We report a novel molecular disease classification model for BD based on an unsupervised consensus clustering algorithm. DEPs, clinical phenotypes, sex, and age were used to construct the model. BD patients were divided into two subsets, cluster 1 with 14 patients and cluster 2 with 12 patients, characterized by distinct cytokine production profiles and disease activity. The characterization of cluster 1 was high disease activity and high TRIM5, SH2D1A, PIK3AP1, HCLS1, and DFFA expression. The characterization of cluster 2 showed low disease activity associated with a higher expression of CCL11. Our molecular disease model differed from the previous clinical classification model in that it is a novel immunophenotype for BD [54]. This model provides insight into the immunopathogenesis of BD and might help further refine the classification and diagnosis of BD. Besides, TRIM5, EGLN1, SH2D1A, and DFFA were correlated with disease duration, which may explain the classification model.

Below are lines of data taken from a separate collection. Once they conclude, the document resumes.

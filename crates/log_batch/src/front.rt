// What stands before the body of a whole batch that is written: header and block. From log_batch.rs, LogBatch.
ghost use Rattle.std.specs.Prelude.{◌≡◌, ◌<◌, ◌≤◌, length};
ghost use Rattle.log_batch.specs.Front.{measured_length, body_offset, front_bytes, batch_encoded, FrontWritten};
ghost use Rattle.words.specs.Write.{placed};
ghost use Rattle.log_item.specs.Private.{Room};

use crate::LogBatch;
use list_writer::Measured;
use refusal::{Reason, Refusal};

// Begins a whole batch whose body has this measure: decides every refusal, and where there is none writes header and block at the start
// of out; the body is to follow, and ends at the length that is answered. Else out is as it was. No body has more than
// list_writer::BODY_LEN_MAX bytes: such a measure is a 22.
#[tactic(auto, unfolding(crate::specs::Front::front_encoded, list_writer::specs::Answers::laid))]
pub fn begin(
    m: Result<Measured, Refusal>,
    items: usize,
    content: &[u8],
    out: &mut [u8],
) -> Result<usize, Refusal>
    ensures { FrontWritten m items content.now out.old result out.new }
{
    if let Ok(body) = m {
        if list_writer::BODY_LEN_MAX < body.length {
            return Err(Refusal::from(Reason::OutputTooLong));
        }
    }
    let len = plan(m, items, content, out.len())?;
    if len != 0 {
        write_front(content, len, out);
    }
    Ok(len)
}

// The answer to a batch whose body has this measure: every refusal is decided before a byte is written.
#[tactic(auto, unfolding(crate::specs::Front::batch_encoded), using(crate::proofs::Planning::block_empty, crate::proofs::Planning::block_filled, crate::proofs::Planning::block_small))]
fn plan(
    m: Result<Measured, Refusal>,
    items: usize,
    content: &[u8],
    room: usize,
) -> Result<usize, Refusal>
    requires { measured_length m ≤ 4294967295 }
    ensures { result ≡ batch_encoded m items content.now room }
{
    if items == 0 && content.is_empty() {
        return Ok(0);
    }
    let body = m?;
    if body.length == 0 {
        return Ok(0);
    }
    if 2147483647 < body.total {
        return Err(Refusal::from(Reason::OutputTooLong));
    }
    if body.total as usize != content.len() {
        return Err(Refusal::from(Reason::BlockDiffers));
    }
    let size = body_offset(content) + body.length;
    if room < size {
        return Err(Refusal::from(Reason::OutputShort));
    }
    Ok(size)
}

// Where the body stands behind a block of this content.
#[tactic(auto, using(crate::proofs::Planning::block_empty, crate::proofs::Planning::block_filled))]
fn body_offset(content: &[u8]) -> usize
    requires { length content.now ≤ 2147483647 }
    ensures { result ≡ body_offset content.now }
{
    if content.is_empty() {
        return LogBatch::HEADER_LEN;
    }
    LogBatch::HEADER_LEN + content.len() + LogBatch::CHECKSUM_LEN
}

// Writes the header of a batch of this length, and the block.
fn write_front(content: &[u8], len: usize, out: &mut [u8])
    requires { (length content.now ≤ 2147483647) × (len < 72057594037927936) × Room out.old 0 (front_bytes len content.now) }
    ensures { out.new ≡ placed out.old 0 (front_bytes len content.now) }
{
    let start = LogBatch::HEADER_LEN;
    let offset = body_offset(content);
    codec::encode_u64(len as u64 * 256, out, 0);
    codec::encode_u64(offset as u64, out, 8);
    if content.is_empty() {
        return;
    }
    codec::write_bytes(content, out, start);
    codec::encode_u32_le(crc::crc32(content), out, start + content.len());
}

Another interesting finding from our study was that PLXNA4 (plexin A4) is a DEP between BDU and BDNU, whereby PLXNA4 expression was down-regulated in BDU. A previous study indicated that cytokines could impair vascular integrity by downregulating the expression of PLXNA4 [55]. This may explain the occurrence of retinal vasculitis in BDU.

Our study had some limitations. Most patients in our study previously received small doses of immunosuppressants; however, the effect of treatments was weak. Further clinical significance and function of candidate biomarkers need to be comprehensively investigated. It is undeniable that sample sizes are small in our study. We only compared the uveitis phenotype and without uveitis phenotype in BD patients. Further expanded experimental sample size and analysis of the relationship between immune response-related proteins and other phenotypes of BD patients will be necessary.

In summary, our results revealed that immune response-related proteins were differentially and significantly expressed in the plasma of patients with BD compared with HC. Based on machine learning algorithms, we confirmed that IL-10, FCRL3, MASP1, NF2, FAM3B, and MGMT may be promising biomarkers for BD. Furthermore, PLXNA4 may be a valuable biomarker to predict the occurrence of uveitis in patients with BD. A novel disease classification model using proteomic and clinical data has been constructed to identify subsets of patients with BD. However, further prospective studies are required to validate these findings.